Dr. Stephen Porges is a Distinguished University Scientist at Indiana University, Professor of Psychiatry at the University of North Carolina, and Professor Emeritus at both the University of Illinois at Chicago and the University of Maryland. He is a former president of the Society for Psychophysiological Research and has been president of the Federation of Behavioral, Psychological, and Cognitive Sciences, which represents approximately twenty-thousand biobehavioral scientists. He’s led a number of other organizations and received a wide variety of professional awards.

In 1994 he proposed the Polyvagal Theory, a theory that links the evolution of the mammalian autonomic nervous system to social behavior and emphasizes the importance of physiological states in the expression of behavioral problems and psychiatric disorders. The theory is leading to innovative treatments based on insights into the mechanisms mediating symptoms observed in several behavioral, psychiatric, and physical disorders, and has had a major impact on the field of psychology.

Dr. Porges has published more than 300 peer-reviewed papers across a wide array of disciplines. He’s also the author of several books including The Polyvagal Theory: Neurophysiological foundations of Emotions, Attachment, Communication, and Self-regulation.

Dr. Bruce Perry is the Principal of the Neurosequential Network, Senior Fellow of The ChildTrauma Academy, and a Professor (Adjunct) in the Departments of Psychiatry and Behavioral Sciences at the Feinberg School of Medicine at Northwestern University in Chicago and the School of Allied Health at La Trobe University in Melbourne, Australia. From 1993 to 2001 he was the Thomas S. Trammell Research Professor of Psychiatry at Baylor College of Medicine and chief of psychiatry at Texas Children's Hospital.

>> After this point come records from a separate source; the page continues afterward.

// A shelf is some units of blocks. Its meaning says what reads give and what crashes may leave.
ghost use Rattle.std.specs.Prelude.{◌≡◌, ◌<◌, length, OnOk};
ghost use Rattle.vx_disk.specs.Causes.{Calls, Cause, CountsOnly, Names, OnDisks, Works};
ghost use Rattle.vx_disk.specs.Disks.{Untouched};
ghost use Rattle.vx_disk.specs.Shelf.{Meaning, Lawful, Fits, Goes, Nothing, Written, Read, Wrote, Flushed, DisksWrote, DisksFlushed};

use thiserror::Error;

/// Why a call on a shelf failed.
#[derive(Clone, Copy, Debug, PartialEq, Eq, Drop, Error)]
pub enum ShelfError {
    /// A call on this disk failed. Its count of faults rose, and the unit's too.
    #[error("a call on disk {disk} failed")]
    Fault { disk: u32 },
    /// The shelf is down.
    #[error("the shelf is down")]
    Down,
}

/// Some units of blocks of 512 bytes.
///
/// A block is written whole or not at all. Between two flushes a crash leaves, for each block by itself, the value of
/// the last flush or one that was written since. A shelf need not tell its contents: then nothing is said of them.
pub trait Shelf: Drop {
    /// What reads give, and what crashes may leave.
    ghost meaning: { Self → Meaning };

    /// How many units it has.
    fn units(&self) -> u32
        ensures { result ≡ (meaning self.now).units };

    /// The size of a unit, in blocks.
    fn size(&self, unit: u32) -> u64
        requires { unit < (meaning self.now).units }
        ensures { result ≡ (meaning self.now).size unit };

    /// Reads whole blocks, as many as the slice holds. No content changes, whatever it answers.
    fn read(&mut self, unit: u32, block: u64, into: &mut [u8]) -> Result<(), ShelfError>
        requires { Fits (meaning self.old) unit block (length into.old) }
        ensures goes { Goes Nothing (meaning self.old) (meaning self.new) }
        ensures ok { OnOk result (Read (meaning self.old) unit block into.new) }
        ensures down { (meaning self.new).down ≡ (meaning self.old).down }
        ensures cause { Cause (meaning self.old) (meaning self.new) unit result }
        ensures counts { CountsOnly unit result (meaning self.old).faults (meaning self.new).faults }
        ensures names { Names (meaning self.old).disks unit result }
        ensures works { OnOk result (Works (meaning self.old).disks unit) }
        ensures disks { OnDisks (meaning self.old).disks (meaning self.new).disks Untouched };

    /// Writes whole blocks. After an error each of them may hold its old or its new value.
    fn write(&mut self, unit: u32, block: u64, bytes: &[u8]) -> Result<(), ShelfError>
        requires { Fits (meaning self.old) unit block (length bytes.now) }
        ensures goes { Goes (Written unit block bytes.now) (meaning self.old) (meaning self.new) }
        ensures ok { OnOk result (Wrote unit block bytes.now (meaning self.old) (meaning self.new)) }
        ensures cause { Cause (meaning self.old) (meaning self.new) unit result }
        ensures names { Names (meaning self.old).disks unit result }
        ensures works { OnOk result (Works (meaning self.old).disks unit) }
        ensures disks { OnDisks (meaning self.old).disks (meaning self.new).disks (λ o n. Calls (meaning self.old) (DisksWrote unit block bytes.now) o n result) };

    /// Makes a unit durable: after it a crash leaves what a read gives.
    fn flush(&mut self, unit: u32) -> Result<(), ShelfError>
        requires { unit < (meaning self.old).units }
        ensures goes { Goes Nothing (meaning self.old) (meaning self.new) }
        ensures ok { OnOk result (Flushed unit (meaning self.old) (meaning self.new)) }
        ensures cause { Cause (meaning self.old) (meaning self.new) unit result }
        ensures names { Names (meaning self.old).disks unit result }
        ensures works { OnOk result (Works (meaning self.old).disks unit) }
        ensures disks { OnDisks (meaning self.old).disks (meaning self.new).disks (λ o n. Calls (meaning self.old) (DisksFlushed unit) o n result) };

    /// How many calls on a unit failed. The count stays at its greatest value.
    fn faults(&self, unit: u32) -> u64
        requires { unit < (meaning self.now).units }
        ensures { result ≡ (meaning self.now).faults unit };

    /// Whether it is down. Then each call answers so.
    fn is_down(&self) -> bool
        ensures { result ≡ (meaning self.now).down };

    ghost lawful: { (s : Self) → Lawful (meaning s) };
}
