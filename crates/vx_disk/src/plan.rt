// Which calls on a shelf in memory are to fail.
ghost use Rattle.std.specs.Prelude.{◌≡◌, IfOk};
ghost use Rattle.vx_disk.specs.Plans.{CallCounted, is_due};

use std::alloc::Global;
use std::marker::Model;
use vx_model::OutOfMemory;

/// The calls on a shelf in memory, numbered from 1, and the numbers of those that are to fail. Contracts see how many were
/// made, and these numbers.
#[derive(Drop)]
pub struct FaultPlan {
    made: u64,
    fails: Vec<u64>,
}

impl Model for FaultPlan {
    ghost use Rattle.vx_disk.specs.Plans.{Plan};

    ghost Value = { Plan };

    ghost view = { λ p. record { made = p.made; fails = p.fails.items } };
}

impl FaultPlan {
    /// No call was made, and those of these numbers are to fail.
    pub(crate) fn new(alloc: Global, fails: &[u64]) -> Result<FaultPlan, OutOfMemory>
        ensures none_made { IfOk result (λ p. p.made ≡ 0) }
        ensures fails { IfOk result (λ p. p.fails ≡ fails.now) }
    {
        let fails = fails.to_vec(alloc)?;
        Ok(FaultPlan { made: 0, fails })
    }

    /// Counts a call, and says whether it is to fail.
    pub(crate) fn next(&mut self) -> bool
        ensures due { result ≡ is_due self.old }
        ensures counted { CallCounted self.old self.new }
    {
        self.made = self.made.saturating_add(1);
        self.fails.contains(&self.made)
    }
}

He’s one of the world’s leading experts on the impact of trauma in childhood, and his work on the impact of abuse, neglect, and trauma on the developing brain has impacted clinical practice, programs, and policy across the world. His work has been instrumental in describing how traumatic events in childhood change the biology of the brain.

Dr. Perry's most recent book, What Happened to You? Conversations on Trauma, Resilience, and Healing, co-authored with Oprah Winfrey, was released earlier this year. Dr. Perry is also the author, with Maia Szalavitz, of The Boy Who Was Raised As A Dog, a bestselling book based on his work with maltreated children, and Born For Love: Why Empathy is Essential and Endangered. Additionally, he’s authored more than 300 journal articles and book chapters and has been the recipient of a variety of professional awards.

Dr. Allison Briscoe-Smith is a child clinical psychologist who specializes in trauma and issues of race. She earned her undergraduate degree from Harvard and then received her Ph.D. in clinical psychology from the University of California, Berkeley. She performed postdoctoral work at the University of California San Francisco/San Francisco General Hospital. She has combined her love of teaching and advocacy by serving as a professor and by directing mental health programs for children experiencing trauma, homelessness, or foster care.

Dr. Briscoe-Smith is also a senior fellow of Berkeley’s Greater Good Science Center and is both a professor and the Director of Diversity, Equity, and Inclusion at the Wright Institute. She provides consultation and training to nonprofits and schools on how to support trauma-informed practices and cultural accountability.

Sharon Salzberg is a world-renowned teacher and New York Times bestselling author. She is widely considered one of the most influential individuals in bringing mindfulness practices to the West, and co-founded the Insight Meditation Society in Barre, Massachusetts alongside Jack Kornfield and Joseph Goldstein. Sharon has been a student of Dipa Ma, Anagarika Munindra, and Sayadaw U Pandita alongside other masters.

Sharon has authored 10 books, and is the host of the fantastic Metta Hour podcast. She was a contributing editor of Oprah’s O Magazine, had her work featured in Time and on NPR, and contributed to panels alongside the Dalai Lama.